The Vicenzo range was created by Eric and the oenologist at the Fattoria. Named after the old many who has farmed this land most of his life.
The concept behind this line was to create value biodynamic natural low SO2 wines which are reflective of terroir and vintage, wild yeasts, no fining or filtering. A range of wines that all of us natural wine importers are constantly asked for... that pure wild wine that is by the glass pricing. Wines that speak to both the head Somm as well as 'regular' old wine drinkers at the bar...

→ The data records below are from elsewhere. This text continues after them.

//! Which instances serve, hold and are held (OSGi Compendium 8, chapter 112, "Binding Services", "Unbinding"; scopes: OSGi Core 8,
//! chapter 5, "Service Scope").
ghost use Rattle.callback_orders.specs.Lives.{held_for};
ghost use Rattle.component_dto.specs.declared.description.Reference.{Reference};
ghost use Rattle.component_state.specs.Components.{consumer_for, declaring_bundle};
ghost use Rattle.component_state.specs.declared.component.Component.{Component};
ghost use Rattle.prop_map.specs.Words.{has};
ghost use Rattle.scr_dues.specs.LeanViews.{is_making};
ghost use Rattle.scr_world.specs.Instances.{is_active_instance, is_active_phase};
ghost use Rattle.scr_world.specs.Lists.{holds};
ghost use Rattle.scr_world.specs.Views.{bundle_of_instance, has_holder, is_holder, is_ready, serves};
ghost use Rattle.scr_world.specs.Worlds.{direct_services};
ghost use Rattle.service_registry.specs.declared.row.ServiceRow.{ServiceRow};
ghost use Rattle.std.specs.List.{list_any};
ghost use Rattle.std.specs.Option.{option_copied, option_map_or};
ghost use Rattle.std.specs.Prelude.{◌≡◌, ◌==◌, ◌&&◌, false};

use crate::components::references_in;
use crate::own_rows::OwnRows;
use callback_orders::Phase;
use component_dto::{Reference, Scope};
use component_state::{Component, component_of};
use instance_callbacks::InstanceCallbacks;
use prop_map::Str;
use scr_world::{Instance, World};
use service_registry::Registry;

pub(crate) fn is_active_phase(phase: Phase) -> bool
    ensures { result ≡ is_active_phase phase }
{
    matches!(phase, Phase::Active)
}

pub(crate) fn is_making(phase: Phase) -> bool
    ensures { result ≡ is_making phase }
{
    matches!(phase, Phase::Making)
}

// For whom the instance is that a bundle uses: for all, or for this bundle.
pub(crate) fn consumer_for(component: &Component, bundle: u64) -> u64
    ensures { result ≡ consumer_for component.now bundle }
{
    match component.description.get().scope {
        Scope::Singleton => 0,
        Scope::Bundle | Scope::Prototype => bundle,
    }
}

fn is_for(component: Option<&Component>, bundle: u64, consumer: u64) -> bool
    ensures { result ≡ option_map_or (λ (c : Component). consumer == consumer_for c bundle) (option_copied component.entry) false }
{
    match component {
        Some(component) => consumer == consumer_for(component, bundle),
        None => false,
    }
}

fn bundle_in(component: Option<&Component>) -> u64
    ensures { result ≡ option_map_or (λ (c : Component). c.bundle) (option_copied component.entry) 0 }
{
    match component {
        Some(component) => component.bundle,
        None => 0,
    }
}

/// The bundle whose component an instance is of, 0 at the whiteboard's.
pub fn bundle_of_instance(world: &World, instance: &Instance) -> u64
    ensures { result ≡ bundle_of_instance world.now instance.now }
{
    bundle_in(component_of(
        world.components.as_slice(),
        instance.origin.get().configuration,
    ))
}

/// Whether an instance is the one that a bundle uses of a service: it was made with it, for this bundle or for all.
pub fn serves(world: &World, bundle: u64, service: u64, instance: &Instance) -> bool
    ensures { result ≡ serves world.now bundle service instance.now }
{
    let components = world.components.as_slice();
    instance.service == service
        && is_for(
            component_of(components, instance.origin.get().configuration),
            bundle,
            instance.consumer,
        )
}

// Whether a direct service has a number.
fn is_direct(own: &OwnRows, world: &World, service: u64) -> bool
    ensures { result ≡ list_any (λ (r : ServiceRow). r.id == service) (direct_services world.now) }
{
    own.condition().id == service || is_registered(&world.registry, service)
}

fn is_registered(registry: &Registry, service: u64) -> bool
    ensures { result ≡ list_any (λ (r : ServiceRow). r.id == service) registry.now.rows }
{
    registry.row(service).is_some()
}

// Whether an active one among these instances serves a bundle.
fn is_served(world: &World, bundle: u64, service: u64, instances: &[Instance]) -> bool
    ensures { result ≡ list_any (λ (i : Instance). serves world.now bundle service i && is_active_instance i) instances.now }
{
    instances.iter().any(|instance| serves(world, bundle, service, instance)
        && instance.is_active())
}

/// Whether a service is ready for a bundle: it is direct, or its instance is active.
pub fn is_ready(own: &OwnRows, world: &World, bundle: u64, service: u64) -> bool
    ensures { result ≡ is_ready world.now bundle service }
{
    is_direct(own, world, service) || is_served(world, bundle, service, world.instances.as_slice())
}

/// Whether an instance holds a service. It takes no memory.
#[tactic(auto, using(crate::proofs::Bound::none_held))]
pub fn holds(own: &OwnRows, world: &World, service: u64, instance: &Instance) -> bool
    ensures { result ≡ holds world.now.components service instance.now }
{
    let callbacks = &instance.callbacks;
    callbacks.was_bound(service)
        && holds_for_last_or_any(references_in(own, world, instance), callbacks, service)
}

// Whether a service is held for the reference of a name.
fn holds_for(callbacks: &InstanceCallbacks, name: &Str, service: u64) -> bool
    ensures { result ≡ has (held_for name.now callbacks.now) service }
{
    callbacks.held(name).iter().any(|other| *other == service)
}

// Whether it is held for one of these references, the first one first.
fn holds_for_any(references: &[Reference], callbacks: &InstanceCallbacks, service: u64) -> bool
    ensures { result ≡ list_any (λ (r : Reference). has (held_for r.name callbacks.now) service) references.now }
{
    references
        .iter()
        .any(|reference| holds_for(callbacks, &reference.name, service))
}

// The same. An ending instance lets go of the last reference first, one that goes on of the first: so that which is held longest
// stands at an end, and is looked for there first.
#[tactic(auto, using(crate::proofs::Bound::last_too))]
fn holds_for_last_or_any(
    references: &[Reference],
    callbacks: &InstanceCallbacks,
    service: u64,
) -> bool
    ensures { result ≡ list_any (λ (r : Reference). has (held_for r.name callbacks.now) service) references.now }
{
    match references {
        [.., last] => {
            holds_for(callbacks, &last.name, service)
                || holds_for_any(references, callbacks, service)
        }
        [] => false,
    }
}

// Whether one instance holds the service of another and is served by it.
fn is_holder(own: &OwnRows, world: &World, instance: &Instance, other: &Instance) -> bool
    ensures { result ≡ is_holder world.now instance.now other.now }
{
    holds(own, world, instance.service, other)
        && serves(
            world,
            bundle_of_instance(world, other),
            instance.service,
            instance,
        )
}

fn has_holder_among(own: &OwnRows, world: &World, instance: &Instance, others: &[Instance]) -> bool
    ensures { result ≡ list_any (is_holder world.now instance.now) others.now }
{
    others
        .iter()
        .any(|other| is_holder(own, world, instance, other))
}

/// Whether an instance is held: one holds its service, and is served by it. It takes no memory.
pub fn has_holder(own: &OwnRows, world: &World, instance: &Instance) -> bool
    ensures { result ≡ has_holder world.now instance.now }
{
    instance.service != 0
        && (is_holder(own, world, instance, &world.whiteboard)
            || has_holder_among(own, world, instance, world.instances.as_slice()))
}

The wines that Vaira was producing with their label were more controlled. However, with the beauty of the vineyards, the amount of fruit they had available, and the quality of the soil, it was a no brainer for Eric to collaborate with them to create this line.
With sandy and clay based soils, and and vineyards ranging from 10 years old to 35 years old, these wines are incredibly dynamic and truly both rockstars in their category!
The white is a 50/50 blend of Trebbiano and Falanghina. The Falanghina was macerated 1 week (50% whole bunch) and the Trebbiano was a direct press. They were fermented separately and then blended a month before bottling. Only 30 total on the SO2 and 12% alcohol (big smiles :). I was asked for years and years for a natural and gentle 'orange' wine with by the glass pricing... here it is folks, and it drinks like a wine that should be three times the price.
The red is 60% Montepulciano and the remainder an equal blend of Cab and Merlot. Approximately 10 days of maceration, 1/3 of which is whole bunch. Same story, all stainless and natural yeasts, no fining or filtering. Total alcohol is 12.5% and the total SO2 is 30 here as well.